Aus dem Internet-Observatorium #90
Lavender: Notizen zur nächsten Kriegs-KI / Microsofts Security-Shitshow / Quick Freeze und VDS / Trump stoppt FISA
Hallo zu einer neuen Ausgabe - traditionell in der Sitzungswoche etwas verspätet.
Lavender: Notizen zur nächsten Kriegs-KI
Yuval Abraham aus dem Autorennetzwerk +972 Magazine hat vergangene Woche die Existenz eines weiteren KI-Militärsystems der israelischen Armee enthüllt: “Lavender” kennzeichnet alle verdächtigen Operateure, die Hamas-Einheiten sowie dem Islamischen Dschihad zugerechnet werden, als Ziele.

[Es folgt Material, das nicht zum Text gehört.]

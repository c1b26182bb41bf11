// Runs over devices that refuse each read or each write in turn, and over contents that are cut at each byte.
ghost use Rattle.std.specs.Prelude.{◌<◌, ◌≤◌, length};

use crate::runs::{Outcome, Service, run_words};
use std::alloc::{AllocError, Global};
use tetri_tables::{Given, Tally};

// No run of the tables has so many reads or writes.
const MOST: u64 = 100_000;

// The two halves of a row `WORDS; LIMITS`.
fn words_and_limits(row: &str) -> (&str, &str) {
    row.split_once("; ").unwrap_or((row, ""))
}

// The words with which a block of a text begins: a cycle is a block, and an answer, and the last line.
const BLOCKS: [&str; 7] = [
    "cycle ",
    "summary ",
    "admitted ",
    "refused ",
    "undecided ",
    "deep ",
    "booked ",
];

fn begins_block(line: &str) -> bool {
    for word in &BLOCKS {
        if line.starts_with(*word) {
            return true;
        }
    }
    false
}

// How many bytes of a text are written in so many writes, where the text is handed to the sink block by block.
fn bytes_behind(text: &str, width: usize, writes: u64) -> usize
    requires { 0 < width }
{
    let mut left = usize::try_from(writes).unwrap_or(usize::MAX);
    let mut behind = 0usize;
    let mut block = 0usize;
    for line in text.split_inclusive('\n') {
        if begins_block(line) {
            let (bytes, count) = sent_of(block, width, left);
            behind = behind.saturating_add(bytes);
            left -= count;
            block = 0;
        }
        block = block.saturating_add(line.len());
    }
    behind.saturating_add(sent_of(block, width, left).0)
}

// How many bytes of a block so many writes take, and how many of these it needs.
fn sent_of(block: usize, width: usize, writes: usize) -> (usize, usize)
    requires { 0 < width }
    ensures { result.1 ≤ writes }
{
    let bytes = block.min(writes.saturating_mul(width));
    let whole = bytes / width;
    let count = if bytes % width == 0 {
        whole
    } else {
        whole.saturating_add(1)
    };
    (bytes, count.min(writes))
}

// Whether what was written are so many bytes of the text.
fn is_front(text: &str, behind: usize, written: &str) -> bool {
    behind <= text.len() && &text.as_bytes()[..behind] == written.as_bytes()
}

// What a run writes and says of which the read of a number is refused.
fn run_without_read(
    alloc: Global,
    given: &Given,
    service: &mut Service<'_>,
    words: &str,
    number: u64,
) -> Result<Outcome, AllocError> {
    service.reads.clear();
    service.reads.push(number)?;
    run_words(alloc, given, service, words)
}

// The same of a write.
fn run_without_write(
    alloc: Global,
    given: &Given,
    service: &mut Service<'_>,
    words: &str,
    number: u64,
) -> Result<Outcome, AllocError> {
    service.writes.clear();
    service.writes.push(number)?;
    run_words(alloc, given, service, words)
}

// What differs where each read of a run is refused in turn: the run ends with a read fault and has written nothing, until it has no
// further read and ends as one of which none is refused.
fn read_told(
    alloc: Global,
    given: &Given,
    service: &mut Service<'_>,
    words: &str,
) -> Result<String, AllocError> {
    let whole = run_words(alloc, given, service, words)?;
    for number in 1..MOST {
        let outcome = run_without_read(alloc, given, service, words, number)?;
        if outcome.said.as_str() != "read fault" {
            return ended_told(alloc, &whole, &outcome, number);
        }
        if !outcome.written.is_empty() {
            return format!(in alloc; "read {number}: wrote {}", outcome.written);
        }
    }
    String::from_str(alloc, "too many reads")
}

// The same of each write: what is written is what was taken before.
fn write_told(
    alloc: Global,
    given: &Given,
    service: &mut Service<'_>,
    words: &str,
) -> Result<String, AllocError> {
    let width = service.write_most;
    let whole = run_words(alloc, given, service, words)?;
    for number in 1..MOST {
        let outcome = run_without_write(alloc, given, service, words, number)?;
        let text = whole.written.as_str();
        let behind = bytes_behind(text, width, number - 1);
        if outcome.said.as_str() != "write fault" {
            if behind < text.len() {
                return format!(in alloc; "write {number}: {}", outcome.said);
            }
            return ended_told(alloc, &whole, &outcome, number);
        }
        if !is_front(text, behind, outcome.written.as_str()) {
            return format!(in alloc; "write {number}: wrote {}", outcome.written);
        }
    }
    String::from_str(alloc, "too many writes")
}

// How a run ended in which nothing was refused.
fn ended_told(
    alloc: Global,
    whole: &Outcome,
    last: &Outcome,
    number: u64,
) -> Result<String, AllocError> {
    if number == 1 {
        return String::from_str(alloc, "nothing was refused");
    }
    if last.written.as_str() != whole.written.as_str()
        || last.said.as_str() != whole.said.as_str()
    {
        return format!(in alloc; "another end: {} {}", last.said, last.written);
    }
    format!(in alloc; "each, then {}", last.said)
}

fn reads_told(
    alloc: Global,
    given: &Given,
    advisors: &str,
    row: &str,
) -> Result<String, AllocError> {
    let (words, limits) = words_and_limits(row);
    let mut service = Service::of(alloc, advisors, limits)?;
    read_told(alloc, given, &mut service, words)
}

fn writes_told(
    alloc: Global,
    given: &Given,
    advisors: &str,
    row: &str,
) -> Result<String, AllocError> {
    let (words, limits) = words_and_limits(row);
    let mut service = Service::of(alloc, advisors, limits)?;
    write_told(alloc, given, &mut service, words)
}

/// Rows `WORDS; LIMITS`: each read of the run of the words with these advisors is refused in turn.
pub fn each_read(
    alloc: Global,
    given: &Given,
    tally: &mut Tally,
    advisors: &str,
    body: &str,
) -> Result<(), AllocError> {
    for row in body.lines() {
        let found = reads_told(alloc, given, advisors, row)?;
        tally.expect(row, found.as_str(), "each, then ")?;
    }
    Ok(())
}

/// Rows `WORDS; LIMITS`: each write of the run of the words with these advisors is refused in turn.
pub fn each_write(
    alloc: Global,
    given: &Given,
    tally: &mut Tally,
    advisors: &str,
    body: &str,
) -> Result<(), AllocError> {
    for row in body.lines() {
        let found = writes_told(alloc, given, advisors, row)?;
        tally.expect(row, found.as_str(), "each, then ")?;
    }
    Ok(())
}

// What a run says and writes of the trace when only these bytes of it are there.
fn cut_told(alloc: Global, given: &mut Given, trace: &[u8]) -> Result<String, AllocError> {
    given.trace = String::from_str(alloc, str::from_utf8(trace).unwrap_or(""))?;
    let outcome = run_words(alloc, given, &Service::new(alloc, ""), "plan trace")?;
    format!(in alloc; "{}{}", outcome.written, outcome.said)
}

fn expect_cut(
    alloc: Global,
    given: &mut Given,
    tally: &mut Tally,
    trace: &[u8],
    line: u64,
) -> Result<(), AllocError> {
    let found = cut_told(alloc, given, trace)?;
    let wanted = format!(in alloc; "bad trace: line {line}: not-json")?;
    tally.expect("a trace that is cut", found.as_str(), wanted.as_str())
}

// Whether the byte at this place is the last of its line.
fn ends_line(bytes: &[u8], place: usize) -> bool
    requires { place < length bytes.now }
{
    match bytes.get(place + 1) {
        Some(next) => *next == b'\n',
        None => true,
    }
}

/// The trace is cut inside each of its lines, behind each of their bytes but the last brace: nothing is written, and that line is not
/// JSON.
pub fn each_cut(alloc: Global, given: &mut Given, tally: &mut Tally) -> Result<(), AllocError> {
    let whole = given.trace.clone()?;
    let bytes = whole.as_bytes();
    let mut line = 1u64;
    for (place, byte) in bytes.iter().enumerate() {
        if *byte == b'\n' {
            line = line.saturating_add(1);
        } else if !ends_line(bytes, place) {
            expect_cut(alloc, given, tally, &bytes[..place + 1], line)?;
        }
    }
    given.trace = whole;
    Ok(())
}
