// Logs that are imported.
mod asked;
mod orders;

use asked::options_of;
pub use orders::take_in_order;
use std::alloc::{AllocError, Global};
use tetri_cluster::NodeText;
use tetri_hosts::{HostsFault, read_nodes};
use tetri_logs::Format;
use tetri_tables::{Given, Tally};
use tetri_workload::{Imported, add_partition, counts_text, fault_text, import, rejects_text};

// What is wanted of an import.
#[derive(Clone, Copy)]
enum Wanted {
    Trace,
    Counts,
    Rejects,
}

// What was left out.
fn rejects_of(alloc: Global, imported: &Imported, log: &[u8]) -> Result<String, AllocError> {
    let rejects = rejects_text(alloc, log, imported.left.as_slice())?;
    String::from_str(alloc, str::from_utf8(&rejects).unwrap_or("no text\n"))
}

// The trace with the counts behind it.
fn trace_of(alloc: Global, imported: &Imported) -> Result<String, AllocError> {
    let counts = counts_text(alloc, imported)?;
    format!(in alloc; "{}{counts}", imported.trace)
}

// The trace with the counts behind it, the counts alone, or what was left out.
fn made(
    alloc: Global,
    imported: &Imported,
    log: &[u8],
    wanted: Wanted,
) -> Result<String, AllocError> {
    match wanted {
        Wanted::Trace => trace_of(alloc, imported),
        Wanted::Counts => counts_text(alloc, imported),
        Wanted::Rejects => rejects_of(alloc, imported, log),
    }
}

// Adds a line of sinfo.
fn add_node(lines: &mut Vec<u8>, line: &str) -> Result<(), AllocError> {
    lines.extend_from_slice(line.as_bytes())?;
    lines.push(b'\n')?;
    Ok(())
}

// Adds the lines of a partition, as `batch=n[1-8]`.
fn add_hosts(alloc: Global, lines: &mut Vec<u8>, given: &str) -> Result<(), AllocError> {
    let (name, hosts) = given.split_once('=').unwrap_or((given, ""));
    match add_partition(alloc, lines, name.as_bytes(), hosts.as_bytes()) {
        Ok(()) => Ok(()),
        Err(HostsFault::NoMemory) => Err(AllocError),
        Err(HostsFault::NotHosts | HostsFault::TooMany) => lines.extend_from_slice(b"no hosts\n"),
    }
}

// The nodes that words tell of: `node=n1|idle|batch|gpu` as a line of sinfo, `partition=batch=n[1-8]` by the hosts of a partition.
fn nodes_of(alloc: Global, words: &str) -> Result<Vec<NodeText>, AllocError> {
    let mut lines = Vec::new(alloc);
    for word in words.split_whitespace() {
        match word.split_once('=') {
            Some(("node", line)) => add_node(&mut lines, line)?,
            Some(("partition", given)) => add_hosts(alloc, &mut lines, given)?,
            _ => {}
        }
    }
    Ok(read_nodes(alloc, &lines)?.nodes)
}

// What an import makes of a log, or why it makes nothing.
fn told(
    alloc: Global,
    format: Format,
    words: &str,
    log: &[u8],
    wanted: Wanted,
) -> Result<String, AllocError> {
    let nodes = nodes_of(alloc, words)?;
    match import(alloc, format, &options_of(words), &nodes, log) {
        Ok(imported) => made(alloc, &imported, log, wanted),
        Err(fault) => {
            let mut text = fault_text(alloc, fault)?;
            text.push_str("\n")?;
            Ok(text)
        }
    }
}

fn wanted_by(word: &str) -> Option<(Format, Wanted)> {
    match word {
        "swf" => Some((Format::Swf, Wanted::Trace)),
        "sacct" => Some((Format::Sacct, Wanted::Trace)),
        "swf counts" => Some((Format::Swf, Wanted::Counts)),
        "sacct counts" => Some((Format::Sacct, Wanted::Counts)),
        "swf rejects" => Some((Format::Swf, Wanted::Rejects)),
        "sacct rejects" => Some((Format::Sacct, Wanted::Rejects)),
        _ => None,
    }
}

/// What is wanted of the last log with these options: the trace with the counts behind it, the counts alone, or the lines left out.
pub fn judge(
    alloc: Global,
    given: &Given,
    tally: &mut Tally,
    word: &str,
    options: &str,
    body: &str,
) -> Result<(), AllocError> {
    let Some((format, wanted)) = wanted_by(word) else {
        return tally.expect("a section", word, "a known kind");
    };
    let found = told(alloc, format, options, &given.log, wanted)?;
    let body = format!(in alloc; "{body}\n")?;
    tally.expect(word, found.as_str(), body.as_str())
}
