// Panels of advisors: whole runs with them, and panels that are asked and taught cycle by cycle.
mod consulted;
mod repeat;
mod script;
mod scripted;
mod seats;
mod wrapped;

pub use seats::{Trial, is_seated, try_panel};
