// The bits that a frame carries, as one number of 9 or 29 bits, and the message that such a number says.
ghost use Rattle.std.specs.Prelude.{◌≡◌, ◌∷◌, []};
ghost use Rattle.ground.specs.Refusals.{judged, reports, refuses, refusal_number};
ghost use Rattle.message.specs.Words.{word_of, word_in, nine, standard_of, extended_of, said, word_causes, word_answer};
ghost use Rattle.message.specs.Words.{word_report, standard_causes, standard_answer, extended_causes, extended_answer, reading_report};

use crate::codes::{Meaning, function_code, line_code, line_number, meaning_at};
use crate::{Message, valid};
use ground::Refusal;

// A frame's bits, highest first, as one number, and how many there are: 9 or 29.
#[derive(Clone, Copy)]
pub struct Word {
    pub bits: u32,
    pub count: u32,
}

// What a frame's bits say: a message; that more are to come; an unsupported code.
#[derive(Clone, Copy)]
pub enum Reading {
    Message(Message),
    Longer,
    Unsupported,
}

// House code, code and function bit as one number.
fn nine_bits(house: u8, code: u8, function_bit: u8) -> u32
    ensures { result ≡ nine house code function_bit }
{
    (house as u32 * 16 + code as u32) * 2 + function_bit as u32
}

// The bits of a message whose house and unit are 0 to 15.
fn bits_of(m: Message) -> Word
    ensures { result ≡ word_in m }
{
    match m {
        Message::Address { house, unit } => Word {
            bits: nine_bits(line_code(house), line_code(unit), 0),
            count: 9,
        },
        Message::Function { house, function } => Word {
            bits: nine_bits(line_code(house), function_code(function), 1),
            count: 9,
        },
        Message::Extended {
            house,
            unit,
            data,
            command,
        } => {
            let head = nine_bits(line_code(house), 7, 1);
            let u = line_code(unit);
            Word {
                bits: ((head * 16 + u as u32) * 256 + data as u32) * 256 + command as u32,
                count: 29,
            }
        }
    }
}

// The bits that a message's frame carries. Refused where its house or unit is above 15.
pub fn word_of(m: Message) -> Result<Word, Refusal>
    ensures answer { result ≡ word_answer m }
    ensures report { word_report result ≡ judged (word_causes m) (reports (word_in m ∷ [])) refuses }
{
    if !valid(m) {
        return Err(Refusal::Message);
    }
    Ok(bits_of(m))
}

// What nine bits of an address or a function say.
fn nine_read(bits: u32) -> Reading
    ensures { result ≡ standard_of bits }
{
    let house = line_number((bits / 32 % 16) as u8);
    let code = (bits / 2 % 16) as u8;
    if bits % 2 == 0 {
        let unit = line_number(code);
        return Reading::Message(Message::Address { house, unit });
    }
    match meaning_at(code) {
        Meaning::Function(f) => Reading::Message(Message::Function { house, function: f }),
        Meaning::Extended => Reading::Longer,
        Meaning::Unsupported => Reading::Unsupported,
    }
}

// What a frame's first nine bits say. Refused where the number has more.
pub fn read_standard(bits: u32) -> Result<Reading, Refusal>
    ensures answer { result ≡ standard_answer bits }
    ensures report { reading_report result ≡ judged (standard_causes bits) (said (standard_of bits)) refuses }
{
    if 512 <= bits {
        return Err(Refusal::State);
    }
    Ok(nine_read(bits))
}

// The extended message that 29 bits say. Refused where the number has more, or where its first nine are no head of an extended frame.
pub fn read_extended(bits: u32) -> Result<Reading, Refusal>
    ensures answer { result ≡ extended_answer bits }
    ensures report { reading_report result ≡ judged (extended_causes bits) (reports (extended_of bits ∷ [])) refuses }
{
    if 536870912 <= bits {
        return Err(Refusal::State);
    }
    if bits / 1048576 % 32 != 15 {
        return Err(Refusal::State);
    }
    Ok(Reading::Message(Message::Extended {
        house: line_number((bits / 33554432 % 16) as u8),
        unit: line_number((bits / 65536 % 16) as u8),
        data: (bits / 256 % 256) as u8,
        command: (bits % 256) as u8,
    }))
}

Den (anonymen) Quellen zufolge wertet es dafür Daten zu fast allen der 2,3 Millionen Einwohner des Gaza-Streifens aus und weist den Personen Wahrscheinlichkeitswerte zwischen 1 und 100 zu, ob es sich um Kämpfer/Terroristen handelt. Zwischenzeitlich seien 37.000 Personen als solche Kämpfer identifiziert worden. “Lavender” ist sozusagen der Filter für Personen, die dann im bereits bekannten System “Habsora” (“Das Evangelium, siehe Ausgabe #74) lokalisiert und als an- oder abwesend gekennzeichnet werden. Israels Militär bestreitet die Darstellung des Magazins und betont, die eingesetzten Systeme dienten nur als Werkzeuge, Informationen und Querverweise für Analysten zusammenzufügen.

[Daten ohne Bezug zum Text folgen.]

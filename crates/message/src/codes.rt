// The code numbers of houses, units and functions, and the functions' names.
ghost use Rattle.std.specs.Prelude.{◌≡◌};
ghost use Rattle.ground.specs.Refusals.{number_given};
ghost use Rattle.message.specs.Codes.{code_of, number_of, function_code, meaning_of, padded, name_at, function_causes, function_answer, function_report};

use crate::Function;
use ground::Refusal;

// What a four-bit code stands for where the function bit is 1.
#[derive(Clone, Copy)]
pub(crate) enum Meaning {
    Function(Function),
    Extended,
    Unsupported,
}

// The four-bit code of each house or unit number.
const LINE_CODES: [u8; 16] = [6, 14, 2, 10, 1, 9, 5, 13, 7, 15, 3, 11, 0, 8, 4, 12];

// The house or unit number of each four-bit code.
const LINE_NUMBERS: [u8; 16] = [12, 4, 2, 10, 14, 6, 0, 8, 13, 5, 3, 11, 15, 7, 1, 9];

// What each four-bit code stands for where the function bit is 1.
const MEANINGS: [Meaning; 16] = [
    Meaning::Function(Function::AllUnitsOff),
    Meaning::Function(Function::AllLightsOn),
    Meaning::Function(Function::On),
    Meaning::Function(Function::Off),
    Meaning::Function(Function::Dim),
    Meaning::Function(Function::Bright),
    Meaning::Function(Function::AllLightsOff),
    Meaning::Extended,
    Meaning::Function(Function::HailRequest),
    Meaning::Function(Function::HailAcknowledge),
    Meaning::Unsupported,
    Meaning::Unsupported,
    Meaning::Unsupported,
    Meaning::Function(Function::StatusOn),
    Meaning::Function(Function::StatusOff),
    Meaning::Function(Function::StatusRequest),
];

// The name of each function, at its code; XTC798's names stand at the codes that are no function of ours. A name shorter than
// sixteen bytes is filled up with 0.
const FUNCTION_NAMES: [[u8; 16]; 16] = [
    *b"ALL UNITS OFF\0\0\0",
    *b"ALL LIGHTS ON\0\0\0",
    *b"ON\0\0\0\0\0\0\0\0\0\0\0\0\0\0",
    *b"OFF\0\0\0\0\0\0\0\0\0\0\0\0\0",
    *b"DIM\0\0\0\0\0\0\0\0\0\0\0\0\0",
    *b"BRIGHT\0\0\0\0\0\0\0\0\0\0",
    *b"ALL LIGHTS OFF\0\0",
    *b"EXTENDED CODE 1\0",
    *b"HAIL REQUEST\0\0\0\0",
    *b"HAIL ACKNOWLEDGE",
    *b"EXTENDED CODE 3\0",
    *b"UNUSED\0\0\0\0\0\0\0\0\0\0",
    *b"EXTENDED CODE 2\0",
    *b"STATUS ON\0\0\0\0\0\0\0",
    *b"STATUS OFF\0\0\0\0\0\0",
    *b"STATUS REQUEST\0\0",
];

// The code of a house or unit number, and 0 for a number above 15: no `Option` here and below, since `code_of` and `number_of` say so.
pub(crate) fn line_code(number: u8) -> u8
    ensures { result ≡ code_of number }
{
    let n = number as usize;
    if n < 16 { LINE_CODES[n] } else { 0 }
}

// The house or unit number whose code this is, and 16 for a code above 15.
pub(crate) fn line_number(code: u8) -> u8
    ensures { result ≡ number_of code }
{
    let n = code as usize;
    if n < 16 { LINE_NUMBERS[n] } else { 16 }
}

pub fn function_code(f: Function) -> u8
    ensures { result ≡ function_code f }
{
    f as u8
}

// What a code stands for where the function bit is 1. A number above 15 is no code, and unsupported.
pub(crate) fn meaning_at(code: u8) -> Meaning
    ensures { result ≡ meaning_of code }
{
    let n = code as usize;
    if n < 16 {
        MEANINGS[n]
    } else {
        Meaning::Unsupported
    }
}

// The function that has a code. Refused where none of the twelve has it.
pub fn function_at(code: u8) -> Result<Function, Refusal>
    ensures answer { result ≡ function_answer code }
    ensures number { (function_report result).number ≡ number_given (function_causes code) }
{
    match meaning_at(code) {
        Meaning::Function(f) => Ok(f),
        Meaning::Extended => Err(Refusal::Message),
        Meaning::Unsupported => Err(Refusal::Message),
    }
}

// The name of a function, filled up with 0.
pub fn name_of(f: Function) -> [u8; 16]
    ensures { result ≡ padded (name_at (function_code f)) }
{
    let n = function_code(f) as usize;
    FUNCTION_NAMES[n]
}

Zwei Probleme werden in Abrahamas Artikel betont: Einmal der große Spielraum, der bei Bombenangriffen in Sachen ziviler Opfer gelassen wird. Für hochrangige Hamas-Leute demnach bis zu 100 Zivilisten und Zivilistinnen, bei unwichtigeren Mitgliedern zumindest zu Beginn des Kriegs bis zu 15 zivile Opfer. Das zweite Problem ist, wie bei Habsora: die offenbar gängige Praxis, sich mehr oder weniger ohne größere menschliche Überprüfung auf die Angaben des Systems zu verlassen und Tötungen zu veranlassen.

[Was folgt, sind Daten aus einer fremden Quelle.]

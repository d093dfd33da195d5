// X-10 messages: what a press becomes, before it is half-cycles on the mains or bytes by radio.

#![tactic(auto)]

ghost use Rattle.std.specs.Prelude.{◌≡◌};
ghost use Rattle.message.specs.Messages.{message_ok, same_message};

pub mod codes;
pub mod word;

// The twelve functions, each with its four-bit code.
#[derive(Clone, Copy, Debug, PartialEq, Eq)]
pub enum Function {
    AllUnitsOff = 0,
    AllLightsOn = 1,
    On = 2,
    Off = 3,
    Dim = 4,
    Bright = 5,
    AllLightsOff = 6,
    HailRequest = 8,
    HailAcknowledge = 9,
    StatusOn = 13,
    StatusOff = 14,
    StatusRequest = 15,
}

// The three kinds of message. Houses A to P and units 1 to 16 are the numbers 0 to 15; a message with a house or a unit
// above 15 is a value that routines refuse.
#[derive(Clone, Copy, Debug, PartialEq, Eq)]
pub enum Message {
    Address {
        house: u8,
        unit: u8,
    },
    Function {
        house: u8,
        function: Function,
    },
    Extended {
        house: u8,
        unit: u8,
        data: u8,
        command: u8,
    },
}

// Whether the house and the unit are 0 to 15. Tested by branches, so that the compiler can use both bounds in the caller.
pub fn valid(m: Message) -> bool
    ensures { result ≡ message_ok m }
{
    match m {
        Message::Address { house, unit } => if house <= 15 { unit <= 15 } else { false },
        Message::Function { house, .. } => house <= 15,
        Message::Extended { house, unit, .. } => if house <= 15 { unit <= 15 } else { false },
    }
}

// Whether two messages are one and the same.
pub fn same(a: Message, b: Message) -> bool
    ensures { result ≡ same_message a b }
{
    a == b
}
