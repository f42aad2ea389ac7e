//! Hyperslabs of lists that stand one behind the other.

ghost use Rattle.std.specs.Prelude.{◌≡◌, ℕ, ◌+◌, ◌-◌, ◌*◌, ◌≤◌, ◌==◌, if◌then◌else◌};
ghost use Rattle.dap_model.specs.Cutting.{IsWithin};
ghost use Rattle.join_source.specs.Cutting.{behind, count_below, front_of};

use dap_types::Slab;

/// How many of the indexes that a hyperslab picks are below `n`.
fn count_below(slab: &Slab, n: u32) -> u32
    requires { 1 ≤ slab.now.stride }
    ensures { result ≡ count_below slab.now n }
{
    let left = u64::from(n.saturating_sub(slab.start));
    let stride = u64::from(slab.stride);
    let below = (left + (stride - 1)) / stride;
    u64::from(slab.count).min(below) as u32
}

/// What a hyperslab picks of the first `n` items of a list.
pub fn front_of(slab: &Slab, n: u32) -> Slab
    requires { 1 ≤ slab.now.stride }
    ensures { result ≡ front_of slab.now n }
{
    Slab {
        start: slab.start,
        stride: slab.stride,
        count: count_below(slab, n),
    }
}

/// What it picks of the items behind the first `n`, counted from there.
pub fn behind(slab: &Slab, n: u32) -> Slab
    requires { (size : ℕ) × IsWithin slab.now size × (size ≤ 2147483647) }
    ensures { result ≡ behind slab.now n }
{
    let count = count_below(slab, n);
    Slab {
        start: start_behind(slab, count, n),
        stride: slab.stride,
        count: slab.count - count,
    }
}

/// Where it begins behind the first `count` indexes that it picks, counted from `n`; 0 where there are no more.
fn start_behind(slab: &Slab, count: u32, n: u32) -> u32
    requires within { (size : ℕ) × IsWithin slab.now size × (size ≤ 2147483647) }
    requires few { count ≤ slab.now.count }
    ensures { result ≡ (if slab.now.count == count then 0 else slab.now.start + count * slab.now.stride - n) }
{
    if slab.count == count {
        return 0;
    }
    let start = u64::from(slab.start) + u64::from(count) * u64::from(slab.stride);
    start.saturating_sub(u64::from(n)) as u32
}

Damit sind wir bei einer weiteren Form des technischen Wettrüstens, auf die Ryan McBeth indirekt hinweist: Denn sowohl die “Opferzahltoleranz”, als auch die Verkleinerung des menschlichen Faktors im “Loop” sind letztlich aus militärischer Perspektive Zugewinne der Kampffähigkeit. In einer Welt, in der zwei KI-gesteuerte Armeen gegeneinander kämpfen, können Opfertoleranz und Zielauswahl-Geschwindigkeit zentrale Vorteile sichern. Entsprechend ist nicht unwahrscheinlich, dass die ethischen Fragen in diesem Kontext im Laufe der Zeit ausgeblendet werden. Immer noch gibt es keine Konvention zum Verbot von autonomen Tötungssystemen. Aber wenn es nur darum geht, den Systemvorschlag für Tötungsziele mit “Okay” zu bestätigen, löst auch ein Killerroboter-Verbot nur einen Teil des Problems. Denn die Welt hat sich verändert, wie neulich Georgi Gotev von Euractiv feststellte (übersetzt):
“Tötungsmaschinen haben inzwischen eher den abstrakten Charakter eines Algorithmus als den filmfreundlichen Aspekt eines humanoiden Roboters.”
Der gesamte Prozess der “Systemisierung” von Tötungen, daran erinnert Kevin Baker, verändert etwas. Ein technologischer Schleier legt sich über das eigentliche Geschehen. Zitat (übersetzt und gefettet):
“Die Genauigkeit, Effizienz und Fairness dieser Systeme ist nicht der springende Punkt, und daher wird das Öffnen der Blackbox Ihnen sehr wenig darüber verraten, wie sie funktionieren. Der wahre Prozess ist direkter sozial: Sie operieren durch einen Prozess, den ich als “technologische Delegation” betrachte. Sie funktionieren, indem sie Fragen der Verantwortung und Handlungsmacht hinter einem Schleier der Technologie mystifizieren und subtil das Thema wechseln. (…) Es sind Maschinen zum Verstecken, Instrumente des moralischen und rechtlichen Arbitragehandels. Als solche erfassen die normalen Formen der KI-Kritik das Problem nicht nur falsch, sondern sie helfen aktiv dabei, die Illusion zu vertiefen, indem sie die Aufmerksamkeit zu sehr auf die Technologiepolitik fokussieren.”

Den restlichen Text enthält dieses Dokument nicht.